Featured here is loan readiness advice from three experts:
- Karla De Leon, Senior Vice President – San Francisco Market Manager
- Adrian Gomez Zavala, Vice President – Relationship Manager
- Joshua Marquez, Program Manager – Veteran Launch
What are two to three things that a client should have before they apply for a business loan?
At the end of the day, we lend to the business and invest in the entrepreneur.
Our specific requirements may vary, but generally we initially look for a solid business plan, financial projections, and location (if the business is a brick and mortar). Ideally, the client is already working on the following items to prepare their business for debt-financing:
- Product-to-market fit: Is this a viable business with potential or existing customers?
We also want to know if the entrepreneurs has relevant experience in their industry, and we need to make sure the business type is SBA-approved (learn more about SBA requirements here).
- Projected financials: How much money is coming in and how much is going out?
We want to make sure this loan is affordable to the borrower, so we look at other forms of repayment (do you have another source of income, etc).
We also want to see how much skin in the game the borrower has. How much have you invested or are you prepared to invest in this business (this is known as equity injection or a down payment).
- Where is the business located?
Is this business location-sensitive, like a restaurant? Is this business a consulting firm that can visit their clients?
If the business operates as a brick and mortar, are they on good terms with their landlord? Most of our loans require your lease term matches the loan term (ie if you have a 5 year loan term, we require at least a 5 year lease).
We want to learn about you and your business to determine what loan products or other resources are the best fit to help you achieve your business goals.

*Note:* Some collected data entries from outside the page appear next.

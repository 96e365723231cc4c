// Hexadecimal text: what stands between the quotes of h'..'.
#![tactic(auto)]

ghost use Rattle.std.specs.Prelude.{◌-◌, take, drop};
ghost use Rattle.notation.specs.Literals.{hex_content};
ghost use Rattle.literal_body.specs.LiteralAnswers.{Decodes};
ghost use Rattle.literal_body.specs.LiteralReading.{Before, Within, Progressed, DecodesInto};
ghost use Rattle.hex_body.specs.HexAnswers.{ByteRead};

use hex_gaps::{after_blank, past_gap, past_gaps};
use hex_pairs::{hex_run, put_pairs};
use hex_weight::{NO_PAIR, pair};
use literal_body::{LiteralScan, Progress, hex_value, put};

// Writes pairs that stand side by side or with blanks and comments between.
fn put_close(text: &[u8], from: usize, stop: usize, out: &mut [u8], pos: usize) -> Progress
    requires { Within text.now from stop }
    ensures { Progressed hex_content text.now stop from out.old out.new pos result }
{
    let mut at = from;
    let mut p = pos;
    let mut size: usize = 0;
    while 2 <= stop - at {
        let w = pair(text, at);
        if w < NO_PAIR {
            p = put(out, p, w as u8);
            size += 1;
            at = after_blank(text, at + 2, stop);
        } else {
            let next = past_gap(text, at, stop);
            if next == at {
                break;
            }
            at = next;
        }
    }
    Progress {
        next: at,
        pos: p,
        size,
    }
}

// What comes next: a byte, and the place behind it; nothing but blanks and comments up to the end; or what stands for no byte.
#[derive(Clone, Copy)]
enum NextByte {
    Byte { value: u8, next: usize },
    End,
    Wrong,
}

// The next byte, whatever stands before and between its digits.
fn next_byte(text: &[u8], from: usize, stop: usize) -> NextByte
    requires { Within text.now from stop }
    ensures { ByteRead text.now stop from result }
{
    let i = past_gaps(text, from, stop);
    if stop <= i {
        return NextByte::End;
    }
    let high = hex_value(text[i]);
    if 16 <= high {
        return NextByte::Wrong;
    }
    let j = past_gaps(text, i + 1, stop);
    if stop <= j {
        return NextByte::Wrong;
    }
    let low = hex_value(text[j]);
    if 16 <= low {
        return NextByte::Wrong;
    }
    NextByte::Byte {
        value: high * 16 + low,
        next: j + 1,
    }
}

// Whether so few digits stand together that no run is looked for: fewer than three, or near the end.
fn few(text: &[u8], at: usize, stop: usize) -> bool
    requires { Before text.now at stop }
{
    stop - at < 32 || 16 <= hex_value(text[at + 1]) || 16 <= hex_value(text[at + 2])
}

// Writes the digits at the front, if they are many, and passes a blank behind them.
fn put_front(text: &[u8], at: usize, stop: usize, out: &mut [u8], pos: usize) -> Progress
    requires { Before text.now at stop }
    ensures { Progressed hex_content text.now stop at out.old out.new pos result }
{
    if few(text, at, stop) {
        return Progress {
            next: at,
            pos,
            size: 0,
        };
    }
    let n = (hex_run(text, at).min(stop) - at) / 2;
    let p = put_pairs(text, at, n, out, pos);
    Progress {
        next: after_blank(text, at + 2 * n, stop),
        pos: p,
        size: n,
    }
}

// Writes the bytes from a place on whose digits stand close together.
fn put_stretch(text: &[u8], at: usize, stop: usize, out: &mut [u8], pos: usize) -> Progress
    requires { Before text.now at stop }
    ensures { Progressed hex_content text.now stop at out.old out.new pos result }
{
    let front = put_front(text, at, stop, out, pos);
    let close = put_close(text, front.next, stop, out, front.pos);
    Progress {
        next: close.next,
        pos: close.pos,
        size: front.size + close.size,
    }
}

// Whether the text from `at` to `end` stands for bytes, and for how many; these are written from `pos` on, if they all fit.
pub fn read_hex(
    text: &[u8],
    at: usize,
    end: usize,
    out: &mut [u8],
    pos: usize,
) -> Option<LiteralScan>
    ensures { DecodesInto out.old out.new pos result (hex_content (take (end - at) (drop at text.now))) }
{
    let stop = end.min(text.len());
    let mut i = at;
    let mut p = pos;
    let mut size: usize = 0;
    while i < stop {
        let run = put_stretch(text, i, stop, out, p);
        size += run.size;
        match next_byte(text, run.next, stop) {
            NextByte::Byte { value, next } => {
                p = put(out, run.pos, value);
                size += 1;
                i = after_blank(text, next, stop);
            }
            NextByte::End => break,
            NextByte::Wrong => return None,
        }
    }
    Some(LiteralScan { next: end, size })
}

// The same, and nothing is written.
pub fn scan_hex(text: &[u8], at: usize, end: usize) -> Option<LiteralScan>
    ensures { Decodes result (hex_content (take (end - at) (drop at text.now))) }
{
    read_hex(text, at, end, &mut [], 0)
}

- We need to make sure you have an established business entity (is your business an LLC, corporation, sole proprietorship, etc?).

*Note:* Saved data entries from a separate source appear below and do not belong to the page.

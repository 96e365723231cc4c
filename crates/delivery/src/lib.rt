// What was made in a buffer of our own, handed over in a lent one.
#![tactic(auto)]

ghost use Rattle.delivery.specs.Deliveries.{Delivered};

use outcome::{fits, refuse};
use refusal::{Refusal, RefusalKind};

// The first `size` bytes of what was made, if that is all of them and they have room.
pub fn deliver(made: &[u8], size: usize, out: &mut [u8]) -> Result<usize, Refusal>
    ensures { Delivered made.now size out.old out.new result }
{
    if fits(size, out.len()) {
        buffer::copy(made, size, out);
        return Ok(size);
    }
    refuse(RefusalKind::NoRoom, 0)
}
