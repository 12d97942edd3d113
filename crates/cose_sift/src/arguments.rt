//! The arguments.
ghost use Rattle.std.specs.Prelude.{◌≡◌, Ok, Err, MatchResult, map, option_copied, string_bytes};
ghost use Rattle.cose_gate_command.specs.CommandLine.{line_view, wrong_view};
ghost use Rattle.cose_sift.specs.Arguments as spec;
ghost use Rattle.cose_sift.specs.Arguments.{sift_view};

use cose_gate_command::{CommandLine, Options, Wrong, file_in, number_in};

/// What the arguments ask for.
#[derive(Debug, Clone, Copy, PartialEq, Eq)]
pub struct SiftArguments<'a> {
    /// Whether the tags around an item come off.
    pub untag: bool,
    /// An item of more bytes is left out.
    pub max: usize,
    /// The file with the input; none is standard input.
    pub file: Option<&'a str>,
}

const SIFT: Options<'static> = Options {
    alone: &["--untag"],
    named: &["--max"],
    last: &[],
};

/// What the arguments after the program's name ask for: `--untag` and `--max BYTES`, anywhere, and
/// FILE, if it is there. After `--` no word is an option.
///
/// # Errors
/// What is wrong with them.
pub fn sift_arguments(all: &[String]) -> Result<SiftArguments<'_>, Wrong<'_>>
    ensures { MatchResult result
        (λ a. spec.sift_arguments (map string_bytes all.now) ≡ Ok (sift_view a))
        (λ w. spec.sift_arguments (map string_bytes all.now) ≡ Err (wrong_view w)) }
{
    let line = CommandLine::new(SIFT, all);
    match line.check() {
        Ok(()) => sift_in(line),
        Err(wrong) => Err(wrong),
    }
}

fn sift_in<'a>(line: CommandLine<'a>) -> Result<SiftArguments<'a>, Wrong<'a>>
    ensures { MatchResult result (λ a. spec.sift_in (line_view line.entry) ≡ Ok (sift_view a))
        (λ w. spec.sift_in (line_view line.entry) ≡ Err (wrong_view w)) }
{
    let max = max_in(line.value("--max"))?;
    let file = file_in(line)?;
    Ok(SiftArguments {
        untag: line.has("--untag"),
        max,
        file,
    })
}

/// BYTES, 1 MiB without it.
fn max_in(word: Option<&str>) -> Result<usize, Wrong<'static>>
    ensures { MatchResult result (λ n. spec.max_in (option_copied word.entry) ≡ Ok n)
        (λ w. spec.max_in (option_copied word.entry) ≡ Err (wrong_view w)) }
{
    let Some(word) = word else {
        return Ok(1_048_576);
    };
    match number_in(word) {
        Some(number) => Ok(number as usize),
        None => Err(Wrong::Says("--max: not in digits, or not below 10^16")),
    }
}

Each entity type has tax benefits and stipulations. Organizations like Start Small, Think Big can provide advice on what type of business entity to choose.
- We need to know about the owners.
What percentage ownership does each owner have? What are they each contributing to the business? We find many people don’t have this established when they first come to us.

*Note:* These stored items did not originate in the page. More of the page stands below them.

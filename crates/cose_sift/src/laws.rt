//! Facts about items by their heads, for proofs. The calls do nothing at run time.
ghost use Rattle.std.specs.Prelude.{◌≡◌, ℕ, List, Bool, false};
ghost use Rattle.ciborium.specs.Front.{Reads};
ghost use Rattle.ciborium_value.specs.Tree.{Tree};
ghost use Rattle.cbor_walk.specs.Grammar.{Item};
ghost use Rattle.cose_sift.specs.Sifting.{Sifted, AsReceived, IsReadThrough};
ghost use Rattle.cose_sift.specs.Untagging.{Content};
ghost use Rattle.cose_sift.specs.declared.sifting.Options.{Options};

/// What ciborium reads as an item is one.
pub fn readable_items()
    ensures { (b : List ℕ) (limit : ℕ) (v : Tree) → Reads b limit v → Item b }
{}

/// Of an item one thing is to be written.
pub fn one_content()
    ensures { (untag : Bool) (b x y : List ℕ) → Content untag b x → Content untag b y → x ≡ y }
{}

/// If no tags are taken off, the items that are kept are written as they are.
pub fn as_received()
    ensures { (o : Options) (b out : List ℕ) (n k : ℕ) → o.untag ≡ false → Sifted o b out n k
        → AsReceived o.max b out n k }
{}

/// A gate over what was sifted stops nowhere, and has as many items as were written.
pub fn read_through()
    ensures { (o : Options) (b out : List ℕ) (n k : ℕ) → Sifted o b out n k
        → IsReadThrough out n }
{}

- What is your overall budget, and how much do you need to borrow?
What are you trying to accomplish with this money, and how much is it going to take to accomplish what you want to accomplish? How much do you have to contribute (as Josh mentioned, what’s your equity injection or down payment)? “How much can I get?” is not the right question to start with.
Clarity about your financial history and your businesses financial history helps us figure out the best resources for you and your business. I ask inquiring business owners:
- What do you need the money for?
Borrowers should know how they will utilize the loan funds. This goes hand-in-hand with Karla’s last recommendation.
- Can you show me your most recent business financials?
Borrowers must have their business financials ready (balance sheet and profit & loss statement). If you need help preparing those, we can connect with you a partner who can help you get started.
- How is your credit history?
Credit score is not the most important criteria for us, but a borrower should know their credit report history and be able to explain any items reflected in the report.